An EU-wide Passenger Name Record (PNR) system is being implemented alongside the ETIAS and the EES to further improve security within the European Union.
The PNR was first introduced in 2007 but legislators initially had trouble passing the regulation due to privacy concerns. Issues were resolved using common high standards on data exchanges and privacy throughout all 28 participating EU states.
Several European countries, including the UK, France, and Italy already have their operational data-collection systems. In 2013, the European Commission provided €50 million to 14 European Union countries to fund the new PNR system.
WHY IS PNR COLLECTED?
In the past, PNR data has already helped thwart some terrorist activities. It has also been fundamental in capturing collaborators of terrorist attacks.
Setting up a joint system for European Union police and justice officials to access airline and other travel carriers’ passenger data, covering all trajectories to and from the EU will further help prevent terrorism and other types of crime.
Besides terrorism, other serious crimes that PNR will help prevent include:
- Trafficking in drugs
- Human trafficking
- Trafficking of weapons
- Cybercrime
- Sexual exploitation of children
- Child abduction
- Theft
Aside from PNR, the EU is also working on the development of a travel authorization system with mandatory registration for travelers from over 50 countries —the ETIAS— which will also help fight terrorism in Europe.

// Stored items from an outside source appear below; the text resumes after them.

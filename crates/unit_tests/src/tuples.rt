//! Keys, rows and an address to bytes and back, the bounds of values, and the order of cells.

ghost use Rattle.std.specs.Prelude.{◌≡◌, ◌∷◌, [], true, IfOk};
ghost use Rattle.tuple_codec.specs.Limits.{are_types};

use std::alloc::{AllocError, Global};
use std::cmp::Ordering;
use std::test::Fail;
use tuple_codec::{
    Address, Blob, Row, SqlType, Text, Value, decode_key, decode_row, encode_key, encode_row,
    is_text, value_fits,
};

fn text(alloc: Global, bytes: &[u8]) -> Result<Value, AllocError> {
    Ok(Value::Text(Text::from_slice(alloc, bytes)?))
}

fn row_of(alloc: Global, value: Value) -> Result<Row, AllocError>
    ensures { IfOk result (λ row. row ≡ value ∷ []) }
{
    let mut row = Row::new(alloc);
    row.push(value)?;
    Ok(row)
}

/// Whether the key of one value has these bytes and is read from them.
fn has_key(alloc: Global, kind: SqlType, value: Value, bytes: &[u8]) -> Result<bool, AllocError>
    requires { are_types (kind ∷ []) ≡ true }
{
    if !value_fits(&kind, &value) {
        return Ok(false);
    }
    let row = row_of(alloc, value)?;
    let key = encode_key(alloc, &[kind], &row)?;
    let read = decode_key(alloc, &[kind], bytes)?;
    Ok(key.as_slice() == bytes && read == Some(row))
}

/// Whether numbers, NULL, truths and texts have the keys that the format gives them.
fn keys_are_so(alloc: Global) -> Result<bool, AllocError> {
    let one = [1, 0x80, 0, 0, 0, 0, 0, 0, 1];
    let minus_one = [1, 0x7f, 0xff, 0xff, 0xff, 0xff, 0xff, 0xff, 0xff];
    Ok(
        has_key(alloc, SqlType::BigInt, Value::Int(1), &one)?
            && has_key(alloc, SqlType::BigInt, Value::Int(-1), &minus_one)?
            && has_key(alloc, SqlType::BigInt, Value::Null, &[0])?
            && has_key(alloc, SqlType::Bool, Value::Bool(true), &[1, 1])?
            && has_key(
                alloc,
                SqlType::Varchar(5),
                text(alloc, b"a")?,
                &[1, 0x61, 0, 0],
            )?,
    )
}

#[test]
fn keys_are_spelled_and_read(rt: HostRuntime) -> Result<(), Fail> {
    assert!(rt; keys_are_so(rt.alloc())?);
    let zero = text(rt.alloc(), b"a\0b")?;
    let bytes = [1, 0x61, 0, 0xff, 0x62, 0, 0];
    assert!(rt; has_key(rt.alloc(), SqlType::Varchar(5), zero, &bytes)?);
    Ok(())
}

#[test]
fn other_bytes_are_no_key(rt: HostRuntime) -> Result<(), Fail> {
    for (kind, bytes) in [
        (SqlType::Varchar(5), &[1u8, 0x61, 0][..]),
        (SqlType::Varchar(5), &[2][..]),
        (SqlType::Varchar(5), &[1, 0xff, 0, 0][..]),
        (SqlType::Varchar(5), &[0, 0][..]),
        (SqlType::Int, &[1, 0x80, 0, 0, 1, 0, 0, 0, 0][..]),
    ] {
        assert!(rt; decode_key(rt.alloc(), &[kind], bytes)?.is_none());
    }
    Ok(())
}

/// The bytes of a row of a text and NULL, if the text fits, where the row is read from them again.
fn row_with_null(alloc: Global, value: Value) -> Result<Option<Blob>, AllocError> {
    let types = [SqlType::Varchar(5), SqlType::BigInt];
    if !value_fits(&SqlType::Varchar(5), &value) {
        return Ok(None);
    }
    let mut row = row_of(alloc, value)?;
    row.push(Value::Null)?;
    let bytes = encode_row(alloc, &types, &row)?;
    let read = decode_row(alloc, &types, bytes.as_slice())?;
    Ok(if read == Some(row) { Some(bytes) } else { None })
}

#[test]
fn rows_are_spelled_and_read(rt: HostRuntime) -> Result<(), Fail> {
    let bytes = row_with_null(rt.alloc(), text(rt.alloc(), b"a")?)?;
    assert!(rt; bytes.is_some_and(|bytes| bytes.as_slice() == &[1, 0, 1, 0x61, 0][..]));
    assert!(rt; decode_row(rt.alloc(), &[SqlType::Varchar(5)], &[1, 0, 2, 0x61])?.is_none());
    Ok(())
}

#[test]
fn the_address_of_abc_is_printed_and_read(rt: HostRuntime) {
    let address = Address([
        0xdd, 0xaf, 0x35, 0xa1, 0x93, 0x61, 0x7a, 0xba, 0xcc, 0x41, 0x73, 0x49, 0xae, 0x20, 0x41,
        0x31, 0x12, 0xe6, 0xfa, 0x4e,
    ]);
    let text = b"rmnjb8cjc5tblj21ed4qs821649eduie";
    assert!(rt; address.text() == *text);
    assert!(rt; Address::read(text) == Some(address));
    let others = [&b"rmnjb8cjc5tblj21ed4qs821649eduiw"[..], &text[..31]];
    assert!(rt; others.iter().all(|other| Address::read(other).is_none()));
}

/// Whether a text is one of two characters at most.
fn fits_two(alloc: Global, bytes: &[u8]) -> Result<bool, AllocError> {
    Ok(value_fits(&SqlType::Varchar(2), &text(alloc, bytes)?))
}

#[test]
fn texts_fit_by_their_characters(rt: HostRuntime) -> Result<(), Fail> {
    for (bytes, fits) in [("éé".as_bytes(), true), (b"abc", false), (b"\xff", false)] {
        assert!(rt; fits_two(rt.alloc(), bytes)? == fits);
    }
    assert!(rt; is_text("é".as_bytes()) && !is_text(b"\xc3"));
    Ok(())
}

#[test]
fn texts_are_ordered(rt: HostRuntime) -> Result<(), Fail> {
    let shorter = text(rt.alloc(), b"a")?;
    let longer = text(rt.alloc(), b"a\0")?;
    assert!(rt; shorter.compare(&longer) == Ordering::Less);
    Ok(())
}
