//! Where a placed piece lies.

/// Where a placed piece lies: on which page, from which byte on, and how many bytes.
#[derive(Clone, Copy, PartialEq, Eq)]
pub struct Span {
    pub page: u32,
    pub start: u32,
    pub len: u32,
}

PNR AND THE ETIAS TRAVEL AUTHORIZATION FOR EUROPE
The rules adopted on 27 April 2016 by the European Parliament and the Council regulate the use of passenger name record (PNR) data and apply to flights arriving from third countries to the European Union Member States.
The Member States must adopt passenger data legislation and decide whether to also apply these measures to intra-EU flights — that is, flights departing from and arriving in an EU Member State.
Both the ETIAS, and the PNR are being implemented with common goals — the prevention, detection, investigation, and prosecution of terrorist offenses and serious crime.
Similarly, both security systems cross-check all the data collected with databases and the Passenger Name Records are also compared to risk profiles established on the basis of previous experience.
The ETIAS collects data provided by travelers from eligible countries and verifies it before they depart towards the Schengen Area, denying the travel authorization to individuals considered a risk to the EU.
The PNR, on the other hand, gathers data provided by third-country passengers to airlines or other carriers such as trains or buses, and tour operators. The PNR data will be transferred up to 24 hours before the scheduled time of departure.
The PNR data will be transmitted a second time once the doors of the departing carrier have finally closed. This will help authorities know whether a traveler has boarded the flight or train they booked or not.
The PNR and the ETIAS go hand in hand as added layers of security since the ETIAS can deny a third-country national the authorization to enter Europe while the PNR can let authorities know whether the individual has booked and boarded a carrier headed towards the EU.
WHAT KIND OF INFORMATION DOES A PNR CONTAIN?
Passenger Name Record data is collected when a citizen books a trip in the normal course of the tourism and transportation business. This is initially done, for enabling reservations and carrying out the check-in process, this could include details such as:
- Name
- Contact details
- Address
- Travel itinerary including flights, seats, connections, and meal requests
- Travel dates
- Travel agent
- Seat number
- Ticket information
- Payment data (credit or debit card information)
- Baggage information
- Passport details (known as the Advance Passenger Information, or API)
- Age
- Gender
- Nationality
- Country of destination
In practice, travel carriers send PNR data to EU authorities, the data is initially processed for commercial purposes but "Passenger Information Units" (PIUs) are being set up in each EU Member State, where PNR data will be stored.
Should anomalies be found in the data, the competent authorities would be informed so they can initiate follow-up measures, such as the examination, detention or additional observation of the traveler.
PNR data will not be automatically transferred from PIUs. This is in order to comply with European Union data protection legislation.
Security processing of PNR data for crime prevention will be the responsibility of the new units, not travel carriers. The EU Member State Units will only pass the data on to EU authorities in specific cases.
UK Conservative MEP Timothy Kirkhope, the European Parliament's lead negotiator on the PNR issue stated the amount of information gathered per traveler was "much less than, say, when you open a club card account with a local supermarket".
The PNR regulations rule out any processing of data revealing a citizen's:
- Race
- Ethnic origin
- Religion
- Political opinion
- Trade union membership
- Health
- Sexual life
PIUs will be obliged to delete any data that infringes EU anti-discrimination law, should they receive any.
PNR data protection safeguards include:
- Deleting data after 5 years
- Depersonalizing, anonymizing or masking information after 6 months
- Designating a Data Protection Officer as well as an Independent National Supervisory Authority within the PIU
During the five-year period in which PIUs can keep PNRs, investigators in serious criminal cases will be able to "unmask" the data should they need to reveal a suspect's details.
The European Union is actively developing its security systems through the PNR, the EES, and the ETIAS, which is part of the Common EU Intelligence Agency.